Work required:
Go through the entries below and return every line that contains "NotShortest".

[Saved entries]
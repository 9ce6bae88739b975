//! The rules `define`, by which a clause joins a program as the definition of a fresh predicate, and `unfold`, by which
//! a clause gives way to its resolvents, at an atom of its body, with all live clauses. They follow the definitions
//! `define_after` and `unfold_after` exactly. That both keep what is provable are laws of their own, in another crate.
#![tactic(auto)]

mod conditions;
mod defining;
mod predicate;
mod resolving;
mod unfolding;

pub use defining::define;
pub use map_state::{Refusal, State, Step};
pub use unfolding::unfold;
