//! The resolvents of a clause with all live clauses.

ghost use Rattle.std.specs.Prelude.{◌≡◌, ◌⊎◌, ◌<◌, ◌+◌, ◌++◌, [], ◌∷◌, ℕ, Ok, Err, OnOk, IfOk, IfErr, length, option_to_list};
ghost use Rattle.term_store.specs.Trees.{Keeps};
ghost use Rattle.clause_store.specs.Stored.{clause_in, IsStored};
ghost use Rattle.unfold_model.specs.Resolvent.{resolvent};
ghost use Rattle.map_model.specs.declared.refusal.Refusal.TheVariants.{NoMemory};
ghost use Rattle.map_model.specs.State.{entry_at};
ghost use Rattle.map_model.specs.Rewriting.{new_entries};
ghost use Rattle.map_model.specs.Unfolding.{drafted, resolvents_from};
ghost use Rattle.map_state.specs.Seen.{state_of};
ghost use Rattle.map_state.specs.Changes.{AllMade, made_entries};
ghost use Rattle.rules_unfold.specs.Entries.{then_entries};

use clause_resolvent::resolvent;
use clause_store::Clause;
use map_state::{Made, Refusal, State, refusal_of};
use sqlite_items::Items;
use std::alloc::Global;
use term_store::Store;

/// The resolvent of the clause with this id and the clause `by`, marked, if there is one.
fn drafted(
    alloc: Global,
    scratch: &mut Store,
    store: &Store,
    id: u32,
    c: &Clause,
    place: usize,
    by: u32,
    e: &Clause,
) -> Result<Option<Made>, Refusal>
    requires first { IsStored store.now c.now }
    requires second { IsStored store.now e.now }
    requires place { place < length c.now.atoms }
    ensures keeps { Keeps scratch.old scratch.new }
    ensures value { IfOk result (λ o. (n : ℕ) → new_entries n (drafted id by (resolvent (clause_in store.now c.now) place (clause_in store.now e.now))) ≡ Ok (made_entries n scratch.new (option_to_list o))) }
    ensures stored { IfOk result (λ o. AllMade scratch.new (option_to_list o)) }
    ensures refused { IfErr result (λ f. (f ≡ NoMemory) ⊎ ((n : ℕ) → new_entries n (drafted id by (resolvent (clause_in store.now c.now) place (clause_in store.now e.now))) ≡ Err f)) }
{
    match resolvent(alloc, scratch, store, c, place, e) {
        Ok(Some(clause)) => Ok(Some(Made {
            clause,
            mark: true,
            parents: Items::from_slice(alloc, &[id, by])?,
        })),
        Ok(None) => Ok(None),
        Err(fault) => Err(refusal_of(fault)),
    }
}

/// Puts the resolvent with the clause `by` last, if this is live and there is one.
fn add(
    state: &State,
    scratch: &mut Store,
    id: u32,
    c: &Clause,
    place: usize,
    by: u32,
    made: &mut Items<Made>,
) -> Result<(), Refusal>
    requires stored { IsStored state.now.store c.now }
    requires place { place < length c.now.atoms }
    requires all { AllMade scratch.old made.old }
    ensures all { OnOk result (AllMade scratch.new made.new) }
    ensures value { OnOk result ((n : ℕ) → Ok (made_entries n scratch.new made.new)
        ≡ then_entries (Ok (made_entries n scratch.old made.old)) (new_entries n (resolvents_from id (clause_in state.now.store c.now) place by (entry_at (state_of state.now) by ∷ [])))) }
    ensures refused { IfErr result (λ f. (f ≡ NoMemory) ⊎ ((n : ℕ) → new_entries n (resolvents_from id (clause_in state.now.store c.now) place by (entry_at (state_of state.now) by ∷ [])) ≡ Err f)) }
{
    let Some(entry) = state.live_entry(by) else {
        return Ok(());
    };
    match drafted(
        state.alloc(),
        scratch,
        state.store(),
        id,
        c,
        place,
        by,
        &entry.clause,
    )? {
        Some(one) => Ok(made.push(one)?),
        None => Ok(()),
    }
}

/// The resolvents of a clause, at a place of its body, with all live clauses, by their ids in rising order.
pub(crate) fn resolvents(
    state: &State,
    scratch: &mut Store,
    id: u32,
    c: &Clause,
    place: usize,
) -> Result<Items<Made>, Refusal>
    requires stored { IsStored state.now.store c.now }
    requires place { place < length c.now.atoms }
    ensures all { IfOk result (λ made. AllMade scratch.new made) }
    ensures value { IfOk result (λ made. (n : ℕ) → new_entries n (resolvents_from id (clause_in state.now.store c.now) place 1 (state_of state.now).entries) ≡ Ok (made_entries n scratch.new made)) }
    ensures refused { IfErr result (λ f. (f ≡ NoMemory) ⊎ ((n : ℕ) → new_entries n (resolvents_from id (clause_in state.now.store c.now) place 1 (state_of state.now).entries) ≡ Err f)) }
{
    let mut made = Items::new(state.alloc());
    for by in 1..state.next_id() {
        add(state, scratch, id, c, place, by, &mut made)?;
    }
    Ok(made)
}
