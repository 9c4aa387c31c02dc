// Bodies and whole batches, read and written: their types, and a batch's header, block and body. From log_batch.rs, LogItemBatch to
// AtomicGroupStatus.
#![tactic(auto)]

mod body;
mod front;
mod seal;
mod status;
mod table;
mod view;

ghost use Rattle.std.specs.Prelude.{◌≡◌, ◌-◌, true, false};
ghost use Rattle.log_batch.specs.Header.{frame, header, header_got};
ghost use Rattle.log_batch.specs.Batch.{front_batch, read_batch};
ghost use Rattle.log_batch.specs.Written.{TableWritten};

pub use body::{check, check_items, plain};
pub use front::begin;
use log_item::{EntryIndex, LogItem, Span};
use refusal::{Reason, Refusal};
use seal::check_block;
pub use seal::{check_seal, sealed_len};
pub use table::read_items;
pub use view::{check_entry, entry_view};

// What a body holds: the first item_count rows of items and entry_count rows of entries; rows past them are blank. Keys and contents
// are spans of the body. A refused reading has no rows.
#[derive(Clone, Copy, Debug, PartialEq, Eq)]
pub struct LogItemBatch {
    pub items: [LogItem; 256],
    pub item_count: usize,
    pub entries: [EntryIndex; 1024],
    pub entry_count: usize,
    // the sum of all entry lengths, and the place after the last item, in the body
    pub total: u32,
    pub next: usize,
    // where body and block stand in the bytes that were read; 0 0 where there is none
    pub body: Span,
    pub block: Span,
    pub refusal: Option<Refusal>,
}

// How much a body holds, with no table: numbers of items and entries, the entry total and the place after the last item.
#[derive(Clone, Copy, Debug, PartialEq, Eq)]
pub struct BodyCheck {
    pub items: usize,
    pub entries: usize,
    pub total: u32,
    pub next: usize,
}

// What a mark says of its group of batches.
#[derive(Clone, Copy, Debug, PartialEq, Eq)]
pub enum AtomicGroupStatus {
    Begin,
    Middle,
    End,
}

// The status that an item marks, and the group's number.
#[derive(Clone, Copy, Debug, PartialEq, Eq)]
pub struct Mark {
    pub id: u64,
    pub status: AtomicGroupStatus,
}

// The frame of a batch, as its header states it.
#[derive(Clone, Copy, Debug, PartialEq, Eq)]
pub struct LogBatch {
    // where the body starts
    pub offset: usize,
    // the length of the whole batch
    pub len: usize,
    // 0: none, 1: compressed
    pub compression: u8,
}

impl LogBatch {
    pub const HEADER_LEN: usize = 16;

    pub const CHECKSUM_LEN: usize = 4;

    // The frame of these numbers.
    fn new(offset: usize, len: usize, compression: u8) -> LogBatch
        ensures { result ≡ record { offset = offset; len = len; compression = compression } }
    {
        LogBatch {
            offset,
            len,
            compression,
        }
    }

    // The frame that the first 16 bytes state.
    #[tactic(auto, unfolding(crate::specs::Header::header, words::specs::Word::read_u64))]
    pub fn decode_header(buf: &[u8]) -> Result<LogBatch, Reason>
        ensures { header_got result ≡ header buf.now 0 }
    {
        let first = codec::decode_u64(buf, 0).ok_or(Reason::HeaderShort)?;
        let second = codec::decode_u64(buf, first.next).ok_or(Reason::HeaderShort)?;
        read_frame(first.value, second.value)
    }

    // The frame of a batch whose header, length, compression type and block are right.
    #[tactic(auto, unfolding(crate::specs::Batch::front_batch), using(crate::proofs::Frames::header_known))]
    pub fn check_front(buf: &[u8]) -> Result<LogBatch, Reason>
        ensures { header_got result ≡ front_batch buf.now 0 }
    {
        let batch = LogBatch::decode_header(buf)?;
        let offset = batch.offset;
        if buf.len() < batch.len {
            return Err(Reason::BatchShort);
        }
        if batch.compression != 0 {
            return Err(Reason::Compressed);
        }
        check_block(&buf[LogBatch::HEADER_LEN..offset])?;
        Ok(batch)
    }

    // Where its body stands, from the offset to the length.
    pub fn body(self) -> Span
        ensures { result ≡ record { at = self.offset; len = self.len - self.offset } }
    {
        Span {
            at: self.offset,
            len: self.len.saturating_sub(self.offset),
        }
    }

    // Where its block stands, from the end of the header to the offset.
    pub fn block(self) -> Span
        ensures { result ≡ record { at = 16; len = self.offset - 16 } }
    {
        Span {
            at: LogBatch::HEADER_LEN,
            len: self.offset.saturating_sub(LogBatch::HEADER_LEN),
        }
    }

    // A whole batch under a signature. Bytes past its length are not looked at; spans are in the body.
    pub fn decode(buf: &[u8], signature: u32) -> LogItemBatch
        ensures { result ≡ read_batch buf.now signature }
    {
        let batch = match LogBatch::check_front(buf) {
            Ok(batch) => batch,
            Err(reason) => return LogItemBatch::empty(Some(Refusal::from(reason))),
        };
        let body = batch.body();
        let block = batch.block();
        let mut t = LogItemBatch::decode(&buf[batch.offset..batch.len], signature);
        if t.refusal.is_some() {
            return t;
        }
        if t.total as usize != sealed_len(block.len) {
            return LogItemBatch::empty(Some(Refusal::from(Reason::BlockDiffers)));
        }
        t.body = body;
        t.block = block;
        t
    }

    // Writes the table's items as a whole batch under a signature, from the start of out on, or leaves out as it was and says why; the answer is
    // how many bytes were written. Of the table only the items and the lengths of the entry rows count; `store` has the bytes that the items'
    // spans lie in, `content` is the block's. No items and no content: nothing is written, and the answer is 0. A put whose key begins with the
    // internal prefix is refused with 23.
    pub fn encode(
        table: &LogItemBatch,
        store: &[u8],
        content: &[u8],
        signature: u32,
        out: &mut [u8],
    ) -> Result<usize, Refusal>
        ensures { TableWritten true table.now store.now content.now signature out.old result out.new }
    {
        encode_batch(table, store, content, signature, true, out)
    }

    // The same with any key.
    pub fn encode_unchecked(
        table: &LogItemBatch,
        store: &[u8],
        content: &[u8],
        signature: u32,
        out: &mut [u8],
    ) -> Result<usize, Refusal>
        ensures { TableWritten false table.now store.now content.now signature out.old result out.new }
    {
        encode_batch(table, store, content, signature, false, out)
    }
}

// The same where keys are looked at, or not.
fn encode_batch(
    table: &LogItemBatch,
    store: &[u8],
    content: &[u8],
    signature: u32,
    checked: bool,
    out: &mut [u8],
) -> Result<usize, Refusal>
    ensures { TableWritten checked table.now store.now content.now signature out.old result out.new }
{
    let items = table.items;
    let count = table.item_count;
    let entries = table.entries;
    let rows = table.entry_count;
    let m = list_writer::measure(items, count, entries, rows, store, checked);
    let len = begin(m, count, content, out)?;
    if len != 0 {
        let at = len - m?.length;
        list_writer::encode(
            items, count, entries, rows, store, signature, checked, out, at,
        )?;
    }
    Ok(len)
}

// What the two words of a header state.
#[tactic(auto, unfolding(crate::specs::Header::frame))]
fn read_frame(first: u64, second: u64) -> Result<LogBatch, Reason>
    ensures { header_got result ≡ frame first second 0 }
{
    let compression = (first % 256) as u8;
    let len = (first / 256) as usize;
    let offset = second as usize;
    if 1 < compression {
        return Err(Reason::CompressionUnknown);
    }
    if len < offset {
        return Err(Reason::OffsetAboveLength);
    }
    if offset < LogBatch::HEADER_LEN {
        return Err(Reason::OffsetBelowHeader);
    }
    Ok(LogBatch::new(offset, len, compression))
}
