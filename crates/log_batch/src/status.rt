// The status of an atomic group, which an item may mark. From log_batch.rs, AtomicGroupStatus.
ghost use Rattle.std.specs.Prelude.{◌≡◌, true};
ghost use Rattle.log_item.specs.Prefix.{inside};
ghost use Rattle.log_batch.specs.Status.{is_mark, status_byte, mark_of, status_of};

use crate::{AtomicGroupStatus, Mark};
use log_item::{LogItem, LogItemContent, Op, Span};
use refusal::Reason;

// The key of a mark: the internal prefix, log_item::INTERNAL_KEY_PREFIX, and the byte 01.
const MARK_KEY: [u8; 3] = *b"__\x01";

impl AtomicGroupStatus {
    // What an item marks, or none where it is no mark. `store` has the bytes that the item's spans lie in.
    #[tactic(auto, unfolding(crate::specs::Status::status_of, crate::specs::Status::mark_of))]
    pub fn parse(item: LogItem, store: &[u8]) -> Result<Option<Mark>, Reason>
        ensures { result ≡ status_of item.raft_group_id item.content store.now }
    {
        let LogItemContent::Kv(kv) = item.content else {
            return Ok(None);
        };
        if !log_item::lies_in(store, kv.key) {
            return Err(Reason::SpanOutside);
        }
        let Op::Put { value } = kv.op else {
            return Ok(None);
        };
        if !log_item::lies_in(store, value) {
            return Err(Reason::SpanOutside);
        }
        mark_of(item.raft_group_id, kv.key, value, store)
    }
}

// What a put marks, its content lying in the store.
#[tactic(auto, unfolding(crate::specs::Status::mark_of, crate::specs::Status::marked))]
fn mark_of(group: u64, key: Span, value: Span, store: &[u8]) -> Result<Option<Mark>, Reason>
    requires { inside store.now value ≡ true }
    ensures { result ≡ mark_of group key (Op.Put value) store.now }
{
    if !is_mark(store, key) || value.len != 1 {
        return Ok(None);
    }
    let status = AtomicGroupStatus::try_from(store[value.at])?;
    Ok(Some(Mark { id: group, status }))
}

// 0 begin, 1 middle, 2 end.
impl TryFrom<u8> for AtomicGroupStatus {
    type Error = Reason;

    fn try_from(b: u8) -> Result<AtomicGroupStatus, Reason>
        ensures { result ≡ status_byte b }
    {
        match b {
            0 => Ok(AtomicGroupStatus::Begin),
            1 => Ok(AtomicGroupStatus::Middle),
            2 => Ok(AtomicGroupStatus::End),
            _ => Err(Reason::StatusUnknown),
        }
    }
}

// Whether a key is that of a mark.
fn is_mark(store: &[u8], key: Span) -> bool
    ensures { result ≡ is_mark store.now key }
{
    key.len == MARK_KEY.len() && log_item::starts_with(store, key, &MARK_KEY)
}
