// What a body holds, without a table: reading it item by item, and whether each of its numbers has the shortest spelling. From log_batch.rs,
// LogItemBatch::decode.
ghost use Rattle.std.specs.Prelude.{◌≡◌};
ghost use Rattle.words.specs.Got.{got_of};
ghost use Rattle.log_batch.specs.Reading.{items, count, read_items};
ghost use Rattle.log_batch.specs.Body.{read_body};
ghost use Rattle.log_batch.specs.Answers.{check_of, plain_body};

use crate::seal::check_seal;
use crate::{BodyCheck, LogBatch};
use log_item::{Form, LogItem, NotPassed};
use refusal::{Reason, Refusal};
use words::Piece;

// What a body without its footer holds, with no table.
pub fn check_items(buf: &[u8]) -> Result<BodyCheck, Refusal>
    ensures { result ≡ check_of (read_items Form.Any buf.now) }
{
    check_form(buf, Form::Any)
}

// What a body with its footer holds, under a signature, with no table.
#[tactic(auto, unfolding(crate::specs::Body::read_body), using(crate::proofs::Sealing::seal_long))]
pub fn check(body: &[u8], signature: u32) -> Result<BodyCheck, Refusal>
    ensures { result ≡ check_of (read_body body.now signature) }
{
    check_seal(body, signature)?;
    let n = body.len() - LogBatch::CHECKSUM_LEN;
    check_form(&body[..n], Form::Any)
}

// Whether each number of a body has its shortest spelling.
#[tactic(auto, unfolding(crate::specs::Answers::plain_body), using(crate::proofs::Checking::accepted_long))]
pub fn plain(body: &[u8], signature: u32) -> Result<bool, Refusal>
    ensures { result ≡ plain_body body.now signature }
{
    check(body, signature)?;
    let n = body.len() - LogBatch::CHECKSUM_LEN;
    Ok(check_form(&body[..n], Form::Plain).is_ok())
}

// What a body without its footer holds, where its numbers are asked for in a form.
#[tactic(auto, unfolding(crate::specs::Reading::read_items))]
fn check_form(buf: &[u8], form: Form) -> Result<BodyCheck, Refusal>
    ensures { result ≡ check_of (read_items form buf.now) }
{
    let count = read_item_count(buf, form)?;
    check_from(buf, count.next, count.value as usize, form)
}

// How many items a body without its footer says that it has.
#[tactic(auto, unfolding(crate::specs::Reading::count, log_item::specs::Pieces::number))]
pub(crate) fn read_item_count(buf: &[u8], form: Form) -> Result<Piece<u64>, Reason>
    ensures { got_of result ≡ count form buf.now 0 }
{
    let count = log_item::read_number(buf, 0)?;
    if let Form::Plain = form {
        if count.next != codec::var_u64_len(count.value) {
            return Err(Reason::NotShortest);
        }
    }
    if 256 < count.value {
        return Err(Reason::ItemsTooMany);
    }
    Ok(count)
}

// What `count` items from a place on hold, with nothing before them.
fn check_from(buf: &[u8], start: usize, count: usize, form: Form) -> Result<BodyCheck, Refusal>
    ensures { result ≡ check_of (items form buf.now count 0 0 0 start) }
{
    let mut at = start;
    let mut total: u32 = 0;
    let mut used: usize = 0;
    for i in 0..count {
        match LogItem::pass(buf, at, total, used, form) {
            Ok(passed) => {
                at = passed.next;
                total = passed.value.total;
                used = passed.value.used;
            }
            Err(NotPassed::Refused(reason)) => return Err(Refusal::new(reason, i)),
            // no caller of this crate sees this reason: plain answers false
            Err(NotPassed::Padded) => return Err(Refusal::new(Reason::NotShortest, i)),
        }
    }
    Ok(BodyCheck {
        items: count,
        entries: used,
        total,
        next: at,
    })
}
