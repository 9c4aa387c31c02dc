// The bytes of an entry, as a part of the block that its row names.
ghost use Rattle.std.specs.Prelude.{◌≡◌};
ghost use Rattle.words.specs.Part.{seen};
ghost use Rattle.log_batch.specs.View.{named, entry_check, view_check, failed, viewed};

use crate::seal::{check_block, sealed_len};
use pipe_log::{Location, LogQueue};
use refusal::Reason;

// The bytes of an entry, as a part of whichever block its row's queue names. Where a check fails the part is empty, at that block's start;
// `refused` is set at each call: to why that check failed, or to none.
#[tactic(auto, unfolding(crate::specs::View::viewed))]
pub fn entry_view<'a>(
    row: Location,
    append: &'a [u8],
    rewrite: &'a [u8],
    refused: &mut Option<Reason>,
) -> &'a [u8]
    ensures { (refused.new ≡ failed (view_check row (named row.queue append.entry rewrite.entry).now))
        × (seen result ≡ viewed (view_check row (named row.queue append.entry rewrite.entry).now) row (named row.queue append.entry rewrite.entry)) }
{
    match row.queue {
        LogQueue::Append => part_of(row, append, refused),
        LogQueue::Rewrite => part_of(row, rewrite, refused),
    }
}

// The same of one block.
#[tactic(auto, unfolding(crate::specs::View::viewed, crate::specs::View::entry_check))]
fn part_of<'a>(row: Location, block: &'a [u8], refused: &mut Option<Reason>) -> &'a [u8]
    ensures { (refused.new ≡ failed (view_check row block.now)) × (seen result ≡ viewed (view_check row block.now) row block.entry) }
{
    let offset = u64::from(row.entry_offset);
    let len = u64::from(row.entry_len);
    *refused = check_entry(block, row.len, offset, len).err();
    if refused.is_some() {
        return &block[..0];
    }
    let start = row.entry_offset as usize;
    let end = start + row.entry_len as usize;
    &block[start..end]
}

// The first check of an entry against its block that fails: the block is to have the length `long`, and the entry's bytes stand in its
// content.
#[tactic(auto, unfolding(crate::specs::View::entry_check))]
pub fn check_entry(block: &[u8], long: u64, offset: u64, len: u64) -> Result<(), Reason>
    ensures { result ≡ entry_check long offset len block.now }
{
    if block.len() as u64 != long {
        return Err(Reason::BlockDiffers);
    }
    check_block(block)?;
    let content = sealed_len(block.len()) as u64;
    if content < offset || content - offset < len {
        return Err(Reason::SpanOutside);
    }
    Ok(())
}
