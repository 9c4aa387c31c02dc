// The items of a batch in a table: reading a body into it, and writing it as a body. From log_batch.rs, LogItemBatch.
ghost use Rattle.std.specs.Prelude.{◌≡◌, true, false};
ghost use Rattle.log_item.specs.Got.{got};
ghost use Rattle.log_batch.specs.Reading.{count, read_items};
ghost use Rattle.log_batch.specs.Body.{read_body};
ghost use Rattle.log_batch.specs.Table.{empty_table, table_of, body_table};
ghost use Rattle.log_batch.specs.Writing.{BodyWritten};

use crate::body::read_item_count;
use crate::seal::check_seal;
use crate::{LogBatch, LogItemBatch};
use log_item::{EntryIndex, EntryIndexes, Form, LogItem, LogItemContent, Span};
use refusal::Refusal;

// The rows of a table that hold nothing.
const BLANK_ITEM: LogItem = LogItem {
    raft_group_id: 0,
    content: LogItemContent::EntryIndexes(EntryIndexes {
        count: 0,
        first_index: 0,
    }),
};

const BLANK_ENTRY: EntryIndex = EntryIndex {
    index: 0,
    entry_offset: 0,
    entry_len: 0,
};

const NOWHERE: Span = Span { at: 0, len: 0 };

// The table of a body without its footer, or the empty table with the refusal.
pub fn read_items(buf: &[u8]) -> LogItemBatch
    ensures { result ≡ body_table buf.now (read_items Form.Any buf.now) }
{
    LogItemBatch::fill(buf, buf.len())
}

impl LogItemBatch {
    // A table with no rows, with this refusal or none.
    pub(crate) fn empty(refusal: Option<Refusal>) -> LogItemBatch
        ensures { result ≡ empty_table refusal }
    {
        LogItemBatch {
            items: [BLANK_ITEM; 256],
            item_count: 0,
            entries: [BLANK_ENTRY; 1024],
            entry_count: 0,
            total: 0,
            next: 0,
            body: NOWHERE,
            block: NOWHERE,
            refusal,
        }
    }

    // The table of a body with its footer, under a signature, or the empty table with the refusal.
    #[tactic(auto, unfolding(crate::specs::Body::read_body, crate::specs::Table::table_of), using(crate::proofs::Sealing::seal_long))]
    pub fn decode(body: &[u8], signature: u32) -> LogItemBatch
        ensures { result ≡ body_table body.now (read_body body.now signature) }
    {
        if let Err(reason) = check_seal(body, signature) {
            return LogItemBatch::empty(Some(Refusal::from(reason)));
        }
        let n = body.len() - LogBatch::CHECKSUM_LEN;
        LogItemBatch::fill(&body[..n], body.len())
    }

    // The table of a body without its footer; `len` is how long a body it states, from 0 on.
    #[tactic(auto, unfolding(crate::specs::Reading::read_items, crate::specs::Table::table_of))]
    fn fill(buf: &[u8], len: usize) -> LogItemBatch
        ensures { result ≡ table_of (record { at = 0; len = len }) (record { at = 0; len = 0 }) (read_items Form.Any buf.now) }
    {
        match read_item_count(buf, Form::Any) {
            Ok(count) => LogItemBatch::fill_from(buf, len, count.next, count.value as usize),
            Err(reason) => LogItemBatch::empty(Some(Refusal::from(reason))),
        }
    }

    // The same where its `many` items begin at a place. The one place that fills a table.
    fn fill_from(buf: &[u8], len: usize, start: usize, many: usize) -> LogItemBatch
        requires { count Form.Any buf.now 0 ≡ got many start }
        ensures { result ≡ table_of (record { at = 0; len = len }) (record { at = 0; len = 0 }) (read_items Form.Any buf.now) }
    {
        let mut t = LogItemBatch::empty(None);
        let mut at = start;
        let mut total: u32 = 0;
        let mut rows: usize = 0;
        for i in 0..many {
            let head = match LogItem::decode_head(buf, at, rows) {
                Ok(head) => head,
                Err(reason) => return LogItemBatch::empty(Some(Refusal::new(reason, i))),
            };
            t.items[i] = head.value;
            at = head.next;
            let entries = head.value.entries();
            let mut index = entries.first_index;
            for _ in 0..entries.count {
                let tail = match EntryIndexes::decode_tail(buf, at, total) {
                    Ok(tail) => tail,
                    Err(reason) => return LogItemBatch::empty(Some(Refusal::new(reason, i))),
                };
                t.entries[rows] = EntryIndex {
                    index,
                    entry_offset: total,
                    entry_len: tail.value - total,
                };
                rows += 1;
                at = tail.next;
                total = tail.value;
                index = index.wrapping_add(1);
            }
        }
        t.item_count = many;
        t.entry_count = rows;
        t.total = total;
        t.next = at;
        t.body = Span { at: 0, len };
        t
    }

    // Writes the table's items as a body under a signature, from the start of out on, or leaves out as it was and says why; the answer is how
    // many bytes were written. Of the table only the items and the lengths of the entry rows count; `store` has the bytes that the items' spans
    // lie in. A put whose key begins with the internal prefix is refused with 23.
    pub fn encode(&self, store: &[u8], signature: u32, out: &mut [u8]) -> Result<usize, Refusal>
        ensures { BodyWritten true self.now store.now signature out.old result out.new }
    {
        self.encode_body(store, signature, true, out)
    }

    // The same with any key.
    pub fn encode_unchecked(
        &self,
        store: &[u8],
        signature: u32,
        out: &mut [u8],
    ) -> Result<usize, Refusal>
        ensures { BodyWritten false self.now store.now signature out.old result out.new }
    {
        self.encode_body(store, signature, false, out)
    }

    // The same where keys are looked at, or not.
    fn encode_body(
        &self,
        store: &[u8],
        signature: u32,
        checked: bool,
        out: &mut [u8],
    ) -> Result<usize, Refusal>
        ensures { BodyWritten checked self.now store.now signature out.old result out.new }
    {
        let items = self.items;
        let count = self.item_count;
        let entries = self.entries;
        let rows = self.entry_count;
        list_writer::encode(
            items, count, entries, rows, store, signature, checked, out, 0,
        )
    }
}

Your response:
            return Err(Reason::NotShortest);
            Err(NotPassed::Padded) => return Err(Refusal::new(Reason::NotShortest, i)),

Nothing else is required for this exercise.